= Bobby Florsheim =

American screenwriter (born 1969)

Robert Florsheim (born December 19, 1969) is an American screenwriter, best known for co-writing The Passion Of The Ark with Josh Stolberg, (the basis for the film "Evan Almighty"). Their original script was reported by Daily Variety as the highest priced spec script ever sold by unproduced screenwriters (April, 2004).

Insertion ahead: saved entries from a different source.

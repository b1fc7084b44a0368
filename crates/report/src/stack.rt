// The lines of the elements that are open.
ghost use Rattle.std.specs.Prelude.{◌≡◌, [], ◌∷◌, ◌<◌, length};
ghost use Rattle.numbers.specs.Limit.{most_events};
ghost use Rattle.report.specs.Report.{innermost, outer};

use crate::lines::Line;
use numbers::limit;
use std::marker::Model;

// The innermost is the last.
#[derive(Drop)]
pub struct Stack {
    lines: [Line; limit::MOST_EVENTS],
    depth: usize,
}

impl Model for Stack {
    ghost use Rattle.std.specs.Prelude.{ℕ, List, ◌≤◌};
    ghost use Rattle.numbers.specs.Limit.{most_events};
    ghost use Rattle.report.specs.Sums.{stack_of};

    ghost Value = { List ℕ };

    ghost view = { λ s. stack_of s.lines s.depth };

    ghost invariant = { λ s. s.depth ≤ most_events };
}

impl Stack {
    #[tactic(auto, unfolding(crate::specs::Sums::stack_of))]
    pub fn new() -> Stack
        ensures { result ≡ [] }
    {
        Stack {
            lines: [Line::other(); limit::MOST_EVENTS],
            depth: 0,
        }
    }

    // The line of the innermost element; outside of every element, that of all other names.
    #[tactic(auto, unfolding(crate::specs::Report::innermost, crate::specs::Sums::stack_of))]
    pub fn top(&self) -> Line
        ensures { result ≡ innermost self.now }
    {
        if self.depth == 0 {
            return Line::other();
        }
        self.lines[self.depth - 1]
    }

    pub fn push(&mut self, line: Line)
        requires { length self.old < most_events }
        ensures { self.new ≡ line ∷ self.old }
    {
        self.lines[self.depth] = line;
        self.depth += 1;
    }

    #[tactic(auto, unfolding(crate::specs::Report::outer, crate::specs::Sums::stack_of))]
    pub fn pop(&mut self)
        ensures { self.new ≡ outer self.old }
    {
        self.depth = self.depth.saturating_sub(1);
    }
}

In refashioning the script into "Evan Almighty", Universal Studios discarded the script and then hired screenwriter Steve Oedekerk, who received sole writing credit on the finished film.

He also co-wrote the scripts for Man-Witch (starring Jack Black and directed by Todd Phillips), the book adaptation of The Spellman Files, produced by Laura Ziskin, as well as a remake of Alfred Hitchcock's "To Catch a Thief". In addition, Florsheim has written scripts for Steven Spielberg, Mike Myers, Michael Keaton, Jerry Bruckheimer, John Davis, Bette Midler, and others.

Born in Chicago, to Carol Levy and Jim Florsheim, he attended the Francis W. Parker School. He graduated with honors from Stanford University with a degree in Drama in 1992. In 1995, Florsheim received his Master of Fine Arts from the USC School of Cinema-Television. He lives in Los Angeles. He is married to former Judge Joe Brown reporter Jacque Kessler.